Qu’est-ce que "l’autre côté de l’œil" où les choses retrouvent une réalité antérieure ? Le lieu de l’ordinaire des jours ? Ou le signe que l’œil peut deux sortes de regards, et que d’une bascule à l’autre il saurait saisir ce que "la pierre, les plantes, les animaux" disent. L’oreille aussi saurait entendre "des sons inouïs (…) venus de nulle part".
Et pourtant…
"Combien de fois faudra-t-il repeindre à la chaux de toutes nuances des couleurs de l’arc-en-ciel le malheur des pauvres, la misère sans espoir et l’horreur des enfants malades ?"
Oscillation de la pensée entre des promesses de sens, dans l’écoute possible de plus que nos langues, et une réalité qui échappe à la "grande idée que de vivre et d’inventer l’existence".

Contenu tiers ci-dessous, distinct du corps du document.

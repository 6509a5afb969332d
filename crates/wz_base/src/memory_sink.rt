//! A sink in memory, which tells its bytes.
ghost use Rattle.std.specs.Prelude.{◌≡◌, ◌≤◌, vec_capacity, vec_len};

use crate::calls::Calls;
use crate::outside::{Failed, Sink};
use std::alloc::{AllocError, Global};

/// A sink in memory with room for so many bytes. Each write is a call, and those of the given numbers fail.
#[derive(Drop)]
pub struct MemSink {
    /// What was written.
    bytes: Vec<u8>,
    /// How many bytes may be written in all.
    room: usize,
    /// The calls so far.
    calls: Calls,
    ghost within: { vec_len bytes ≤ room },
    ghost reserved: { room ≤ vec_capacity bytes },
}

impl MemSink {
    ghost use Rattle.std.specs.Prelude.{◌≡◌, [], IfOk};
    ghost use Rattle.wz_base.specs.Calls.{IsFresh};
    ghost use Rattle.wz_base.specs.MemSink.{calls_of, room_of, written_bytes};

    /// A sink that reserves room for `room` bytes. No call was made, and those with a number in `failing`, from
    /// 1, will fail.
    ///
    /// # Errors
    /// Out of memory alone. A write takes none.
    pub fn new(alloc: Global, room: u64, failing: Vec<u64>) -> Result<MemSink, AllocError>
        ensures written { IfOk result (λ sink. written_bytes sink ≡ []) }
        ensures room { IfOk result (λ sink. room_of sink ≡ room) }
        ensures calls { IfOk result (λ sink. IsFresh (calls_of sink) failing.items) }
    {
        let room = room as usize;
        Ok(MemSink {
            bytes: Vec::with_capacity(alloc, room)?,
            room,
            calls: Calls::new(failing),
        })
    }

    /// The bytes that were written, in order.
    pub fn bytes(&self) -> &[u8]
        ensures { result.now ≡ written_bytes self.now }
    {
        &self.bytes
    }
}

impl Sink for MemSink {
    ghost use Rattle.std.specs.Prelude.{◌≡◌, ◌↔◌, Some, min, length, IfOk, IsErr, OnErr};
    ghost use Rattle.wz_base.specs.Calls.{OneMore};
    ghost use Rattle.wz_base.specs.MemSink.{WriteFails, calls_of, room_of, spare_of, written_bytes};
    ghost use Rattle.wz_base.specs.Outside.{RisesOnly, Writes};

    ghost written = { λ s. Some s.bytes.items };

    ghost faults = { λ s. s.calls.faults };

    /// Takes what fits in the room. It fails exactly where its number is listed, or where the room is full and
    /// the piece is not empty.
    fn write(&mut self, piece: &[u8]) -> Result<usize, Failed>
        ensures bytes { IfOk result (λ count. Writes count (Some (written_bytes self.old)) piece.now (Some (written_bytes self.new))) }
        ensures err { OnErr result (written_bytes self.new ≡ written_bytes self.old) }
        ensures faults { RisesOnly (IsErr result) (calls_of self.old).faults (calls_of self.new).faults }

        ensures fails { IsErr result ↔ WriteFails self.old piece.now }
        ensures fits { IfOk result (λ count. count ≡ min (spare_of self.old) (length piece.now)) }
        ensures room { room_of self.new ≡ room_of self.old }
        ensures calls { OneMore (calls_of self.old) (calls_of self.new) }
    {
        let spare = self.room - self.bytes.len();
        let full = spare == 0 && !piece.is_empty();
        if self.calls.next_fails(full) {
            return Err(Failed);
        }
        let count = spare.min(piece.len());
        match self.bytes.extend_from_slice(&piece[..count]) {
            Ok(()) => Ok(count),
            Err(_) => unreachable!(),
        }
    }
}
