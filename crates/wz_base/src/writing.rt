//! Whole texts out.
ghost use Rattle.std.specs.Prelude.{◌<◌, OnErr, OnOk, IsErr, length};
ghost use Rattle.wz_base.specs.Outside.{RisesOnly};
ghost use Rattle.wz_base.specs.Whole.{Appends, AppendsFront};

use crate::outside::Sink;

/// Why a text was not written whole.
#[derive(Clone, Copy, Debug, PartialEq, Eq)]
pub enum WriteError {
    /// A call of the sink failed, and its count of faults rose.
    WriteFault,
}

/// Writes all the bytes, in order. It makes no call for an empty text.
///
/// # Errors
/// `WriteFault` only where the sink's count of faults rose. A prefix of the bytes was then written.
pub fn write_all<K: Sink>(sink: &mut K, bytes: &[u8]) -> Result<(), WriteError>
    ensures ok { OnOk result (Appends (K.written sink.old) bytes.now (K.written sink.new)) }
    ensures err { OnErr result (AppendsFront (K.written sink.old) bytes.now (K.written sink.new)) }
    ensures some { OnErr result (0 < length bytes.now) }
    ensures faults { RisesOnly (IsErr result) (K.faults sink.old) (K.faults sink.new) }
{
    let mut done = 0;
    while done < bytes.len() {
        match sink.write(&bytes[done..]) {
            Ok(count) => done += count,
            Err(_) => return Err(WriteError::WriteFault),
        }
    }
    Ok(())
}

La rose et l’abeille "ne s’inquiètent pas"…… /…... "De quitter la table". Nous oui, qui pensons la mort et tenons à nos rêves, avec notre "œil insatiable".
Oscillation, encore, entre corps "scaphandre pesant", ou "cosse somnolente", et "l’autre côté des miroirs de la chair", où peut être appelée la "lumière".
"Lumière, diffuse encore, rejoins-moi (…), rejoins-moi j’ai besoin d’être plus large que la cosse somnolente qui me tient"
Cette lumière appelée n’est pas que du jour. Ce n’est pas non plus "la lumière noire qui fonde le monde". Ce serait ce qui déchiffrerait ce noir fondateur. Désir de sens, rejoindre la joie des dauphins, et "nager en pleine lumière comme un vitrail éclairé à midi". Conscience d’un savoir venu de ce "mystère intérieur" qui peut être "maître de voir l’invisible", et conscience des échos de ce savoir.
L’enjeu serait de pouvoir à la fois "porter l’invisible" et "toucher du doigt le visible". Alors il serait possible de "goûter à l’infini" au-delà des limites charnelles. Alors il pourrait "côtoyer l’immense", comme l’oiseau dans son vol. Et traverser l’écran qui cache "notre âme" ? Toujours aller vers ce que peut-être on pourrait comprendre, le tentant "jusqu’à brûler nos yeux".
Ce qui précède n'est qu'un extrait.